Add all_traversals_one_pass: single-pass iterative tree traversals (pre,in,post)

Author: Rohan Oruganti

data_structures/binary_tree/all_traversals_one_pass.py

@@ -0,0 +1,136 @@
+"""
+all_traversals_one_pass.py
+
+This module demonstrates how to perform Preorder, Inorder, and Postorder traversals
+of a binary tree in a single traversal using an iterative approach with a stack.
+"""
+
+from typing import Optional, List, Tuple
+
+class Node:
+    """
+    A class to represent a node in a binary tree.
+
+    Attributes
+    ----------
+    data : int
+        The value stored in the node.
+    left : Node, optional
+        The left child of the node.
+    right : Node, optional
+        The right child of the node.
+    """
+
+    def __init__(self, data: int):
+        self.data = data
+        self.left: Optional[Node] = None
+        self.right: Optional[Node] = None
+
+
+def all_traversals(root: Optional[Node]) -> Tuple[List[int], List[int], List[int]]:
+    """
+    Perform Preorder, Inorder, and Postorder traversals in a single pass.
+
+    Parameters
+    ----------
+    root : Node
+        The root of the binary tree.
+
+    Returns
+    -------
+    Tuple[List[int], List[int], List[int]]

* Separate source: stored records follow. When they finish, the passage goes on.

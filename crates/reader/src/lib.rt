// Reading a hardened table back: the rows of a candidate, and whether they are a table that hardens to the same bytes.
#![tactic(auto)]

ghost use Rattle.std.specs.Prelude.{◌≡◌, length};
ghost use Rattle.rules.specs.ReadBack.{is_hardened_lem};
ghost use Rattle.reader.specs.Functions.{Short};
ghost use Rattle.reader.specs.Candidate.{CandidateIs};
ghost use Rattle.reader.specs.Found.{JudgedIs, FoundIs};

use line::Line;
use rows::row::Row;
use rules::limits::LINES;

pub mod candidate;
pub mod compare;
pub mod dos;
pub mod functions;
pub mod row;

// The bytes of the longest hardened table.
const LONGEST: usize = LINES * Line::WIDTH;

// The bytes of the largest table, and of two rows more.
pub const ROOM: usize = candidate::LARGEST + 2 * Row::WIDTH;

// The rows that the lines are read back to. A function of its own, so that the words of the lines are gone when the rows are judged.
fn candidate_of(lines: &[u8], rows: &mut [u8]) -> Option<usize>
    requires { (Short lines.now) × (length rows.old ≡ 6156) }
    ensures { CandidateIs lines.now rows.new result }
{
    let mut owners = [0; LINES + 1];
    functions::number_lines(lines, &mut owners);
    candidate::read_rows(lines, &owners, rows)
}

// The candidate is given; what it was read from is not looked at again.
fn judge(lines: &[u8], rows: &[u8]) -> Option<usize>
    ensures { JudgedIs lines.now rows.now result }
{
    if compare::hardens_to(rows, lines) {
        return Some(rows.len());
    }
    None
}

// Puts the source table of a hardened one at the front of `rows`, and answers with its number of bytes; none where the lines are not
// hardened.
pub fn read(lines: &[u8], rows: &mut [u8]) -> Option<usize>
    requires { length rows.old ≡ 6156 }
    ensures { FoundIs lines.now rows.new result }
{
    if lines.len() > LONGEST {
        return None;
    }
    let count = candidate_of(lines, rows)?;
    judge(lines, &rows[..count])
}

// Only tells whether the bytes are a hardened table.
pub fn is_hardened(lines: &[u8]) -> bool
    ensures { result ≡ is_hardened_lem lines.now }
{
    let mut rows = [0; ROOM];
    read(lines, &mut rows).is_some()
}
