// The jump across one do, which no guard sees: it is run from a copy of the state.
ghost use Rattle.std.specs.Prelude.{◌≡◌};
ghost use Rattle.rules.specs.Line.{lines_in};
ghost use Rattle.rules.specs.Hardened.{Hardened};
ghost use Rattle.rules.specs.Settled.{StandsBefore};
ghost use Rattle.machine.specs.Stands.{Inside};
ghost use Rattle.compare.specs.Compared.{Stood, Standing, ends_at};
ghost use Rattle.compare.specs.Narrow.{NarrowIs};

use crate::pieces;
use crate::spare::Spare;
use machine::table::Runnable;
use places::across::line_across;
use rules::ending::Ending;
use state::machine::{Machine, at_line};

// How the run ends that goes on at this line of the running function; where it stands there already, nothing is run.
fn ending(
    table: &Runnable,
    machine: Machine,
    line: u16,
    left: u16,
    known: &[u16],
    counters: &[u16],
    spare: &mut Spare,
) -> Ending
    requires { (Standing (lines_in table.now.lines.now) machine counters.now) × (Inside (lines_in table.now.lines.now) machine.registers.function line) }
    ensures { (s : Hardened) → Stood (lines_in table.now.lines.now) machine counters.now s → result ≡ ends_at (lines_in table.now.lines.now) known.now left line s }
{
    let h = machine.registers;
    if line == h.at {
        return Ending::Same;
    }
    spare.counters.copy_from_slice(counters);
    let landed = at_line(machine, line);
    pieces::ending(table, landed, left, known, spare)
}

// The line across the do, or the line where the run stands, and how the run ends that goes on there.
#[derive(Drop)]
pub struct Narrow {
    pub line: u16,
    pub ending: Ending,
}

pub fn across(
    table: &Runnable,
    machine: Machine,
    left: u16,
    known: &[u16],
    counters: &[u16],
    spare: &mut Spare,
) -> Narrow
    requires { (Standing (lines_in table.now.lines.now) machine counters.now) × (StandsBefore (lines_in table.now.lines.now) machine.registers.function machine.registers.at) }
    ensures { NarrowIs (lines_in table.now.lines.now) machine counters.now known.now left result }
{
    let h = machine.registers;
    let line = line_across(table.lines, h.at);
    let ending = ending(table, machine, line, left, known, counters, spare);
    Narrow { line, ending }
}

+        A tuple containing three lists:
+            - preorder  : List of nodes in Preorder (Root -> Left -> Right)
+            - inorder   : List of nodes in Inorder  (Left -> Root -> Right)

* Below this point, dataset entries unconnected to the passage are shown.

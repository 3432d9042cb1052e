// The function of each line: the rets before it.
ghost use Rattle.std.specs.Prelude.{◌≡◌, ◌+◌, ◌*◌, ◌≤◌, ◌<◌};
ghost use lib.ListN.{length};
ghost use Rattle.rules.specs.Limits.{max_lines};
ghost use Rattle.rules.specs.Line.{line_width};
ghost use Rattle.line.specs.Read.{line_kind_at, ends_function_lem};
ghost use Rattle.reader.specs.Functions.{passed, Short, Numbered};

use line::kind::LineKind;
use line::{Line, read};

pub fn ends_function(kind: LineKind) -> bool
    ensures { result ≡ ends_function_lem kind }
{
    matches!(kind, LineKind::Ret)
}

// The function of the line after this one.
fn pass(lines: &[u8], line: u16, function: u16) -> u16
    requires { (line_width * line + line_width ≤ length lines.now) × (function < 65535) }
    ensures { result ≡ passed (line_kind_at lines.now line) function }
{
    if ends_function(read::kind_at(lines, line)) {
        return function + 1;
    }
    function
}

// Word k becomes the function of line k; the word behind the last line's is the number of functions.
pub fn number_lines(lines: &[u8], owners: &mut [u16])
    requires { (Short lines.now) × (length owners.old ≡ max_lines + 1) }
    ensures { Numbered lines.now owners.new }
{
    let count = (lines.len() / Line::WIDTH) as u16;
    let mut function: u16 = 0;
    for line in 0..count {
        owners[usize::from(line)] = function;
        function = pass(lines, line, function);
    }
    owners[usize::from(count)] = function;
}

+            - postorder : List of nodes in Postorder(Left -> Right -> Root)
+
+    Explanation
+    -----------
+    Each node is paired with a state value:
+        state = 1  → Preorder processing (Root node is first time seen)
+        state = 2  → Inorder processing (Left subtree done, process root)

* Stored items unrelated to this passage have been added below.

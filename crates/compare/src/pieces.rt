// How a run ends, beside a trace that is known. It is made in pieces by the loop of every other run, which records the dos of each piece in a
// small buffer: so no trace is kept, and no test is added to that loop.
ghost use Rattle.std.specs.Prelude.{◌≡◌, []};
ghost use Rattle.rules.specs.Strike.{None};
ghost use Rattle.rules.specs.Line.{lines_in};
ghost use Rattle.rules.specs.State.{retraced};
ghost use Rattle.rules.specs.Run.{run, outcome_of_lem};
ghost use Rattle.rules.specs.Hardened.{Hardened, striking_step};
ghost use Rattle.rules.specs.Sweep.{ending_of};
ghost use Rattle.compare.specs.Compared.{goes_on_lem, ended_by_lem, Stood, Standing};

use crate::spare::{PIECE, Spare};
use machine::run::run_lines;
use machine::table::Runnable;
use rules::ending::Ending;
use rules::step::Step;
use state::machine::{Machine, afresh};

// Whether the known trace goes on with these rows, from its row `at`.
fn goes_on(rows: &[u16], known: &[u16], at: usize) -> bool
    ensures { result ≡ goes_on_lem rows.now known.now at }
{
    at <= known.len() && known[at..].starts_with(rows)
}

// What a run ended with, and whether its trace is the known one.
#[tactic(auto, unfolding(crate::specs::Compared::ended_by_lem, rules::specs::Run::outcome_of_lem))]
fn told(step: Step, same: bool) -> Ending
    ensures { result ≡ ended_by_lem (outcome_of_lem step) same }
{
    match step {
        Step::Alarm => Ending::Alarmed,
        Step::Finished if same => Ending::Same,
        Step::Finished => Ending::Other,
        Step::Went(_) | Step::TooManyOpen(_) | Step::Beyond(_) | Step::Overflow(_, _) => {
            Ending::Unfinished
        }
    }
}

// The machine has taken no step yet, and the spare counters are its own; what it does is compared with the known trace from its first row on.
pub fn ending(
    table: &Runnable,
    start: Machine,
    budget: u16,
    known: &[u16],
    spare: &mut Spare,
) -> Ending
    requires { Standing (lines_in table.now.lines.now) start spare.old.counters }
    ensures { (s : Hardened) → Stood (lines_in table.now.lines.now) start spare.old.counters s → result ≡ ending_of known.now (run (striking_step (lines_in table.now.lines.now) None) budget 0 (retraced [] s)) }
{
    let mut m = start;
    let mut left = budget;
    let mut at = 0;
    let mut same = true;
    // Kept as a while: the last piece has fewer steps than the others.
    while 0 < left {
        let n = left.min(PIECE as u16);
        let x = run_lines(table, m, n, &mut spare.counters, &mut spare.rows);
        let s = x.step;
        let traced = x.machine.registers.traced as usize;
        same &= goes_on(&spare.rows[..traced], known, at);
        at += traced;
        let Step::Went(_) = s else {
            return told(s, same & (at == known.len()));
        };
        m = afresh(x.machine);
        left -= n;
    }
    Ending::Unfinished
}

+        state = 3  → Postorder processing (Both subtrees done)
+
+    Algorithm Steps:
+    ---------------
+    1. Initialize a stack with (root, 1).
+    2. Pop the top element:
+        - If state == 1:
+            → Add node to Preorder
+            → Push (node, 2)
+            → If left child exists, push (left, 1)
+        - If state == 2:
+            → Add node to Inorder
+            → Push (node, 3)
+            → If right child exists, push (right, 1)
+        - If state == 3:
+            → Add node to Postorder
+    3. Continue until stack is empty.
+    """
+
+    if root is None:
+        return [], [], []
+
+    stack: List[Tuple[Node, int]] = [(root, 1)]  # (node, state)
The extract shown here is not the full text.